**What is needed**
Each of the entries below should be written out exactly as it reads.

**Listed records**

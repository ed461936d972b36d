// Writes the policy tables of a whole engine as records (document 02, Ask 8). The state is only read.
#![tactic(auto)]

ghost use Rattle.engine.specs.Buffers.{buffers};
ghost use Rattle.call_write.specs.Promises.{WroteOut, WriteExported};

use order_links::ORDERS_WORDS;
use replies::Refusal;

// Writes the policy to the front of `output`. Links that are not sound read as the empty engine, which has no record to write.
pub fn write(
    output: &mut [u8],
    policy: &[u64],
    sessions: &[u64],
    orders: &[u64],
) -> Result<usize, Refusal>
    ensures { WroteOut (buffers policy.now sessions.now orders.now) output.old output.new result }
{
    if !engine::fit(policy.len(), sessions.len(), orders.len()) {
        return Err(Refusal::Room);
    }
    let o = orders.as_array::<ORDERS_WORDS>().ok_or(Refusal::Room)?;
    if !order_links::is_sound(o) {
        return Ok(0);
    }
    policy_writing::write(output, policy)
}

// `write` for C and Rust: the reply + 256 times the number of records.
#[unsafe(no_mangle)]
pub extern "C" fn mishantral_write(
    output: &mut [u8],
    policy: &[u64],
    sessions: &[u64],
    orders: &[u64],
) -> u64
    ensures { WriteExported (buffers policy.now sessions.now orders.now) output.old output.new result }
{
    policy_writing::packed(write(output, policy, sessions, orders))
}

**Answer**
repository ed461936d972b36d
// Writes the policy tables of a whole engine as records (document 02, Ask 8). The state is only read.
#![tactic(auto)]

ghost use Rattle.engine.specs.Buffers.{buffers};
ghost use Rattle.call_write.specs.Promises.{WroteOut, WriteExported};

use order_links::ORDERS_WORDS;
use replies::Refusal;

// Writes the policy to the front of `output`. Links that are not sound read as the empty engine, which has no record to write.
pub fn write(
    output: &mut [u8],
    policy: &[u64],
    sessions: &[u64],
    orders: &[u64],
) -> Result<usize, Refusal>
    ensures { WroteOut (buffers policy.now sessions.now orders.now) output.old output.new result }
{
    if !engine::fit(policy.len(), sessions.len(), orders.len()) {
        return Err(Refusal::Room);
    }
    let o = orders.as_array::<ORDERS_WORDS>().ok_or(Refusal::Room)?;
    if !order_links::is_sound(o) {
        return Ok(0);
    }
    policy_writing::write(output, policy)
}

// `write` for C and Rust: the reply + 256 times the number of records.
#[unsafe(no_mangle)]
pub extern "C" fn mishantral_write(
    output: &mut [u8],
    policy: &[u64],
    sessions: &[u64],
    orders: &[u64],
) -> u64
    ensures { WriteExported (buffers policy.now sessions.now orders.now) output.old output.new result }
{
    policy_writing::packed(write(output, policy, sessions, orders))
}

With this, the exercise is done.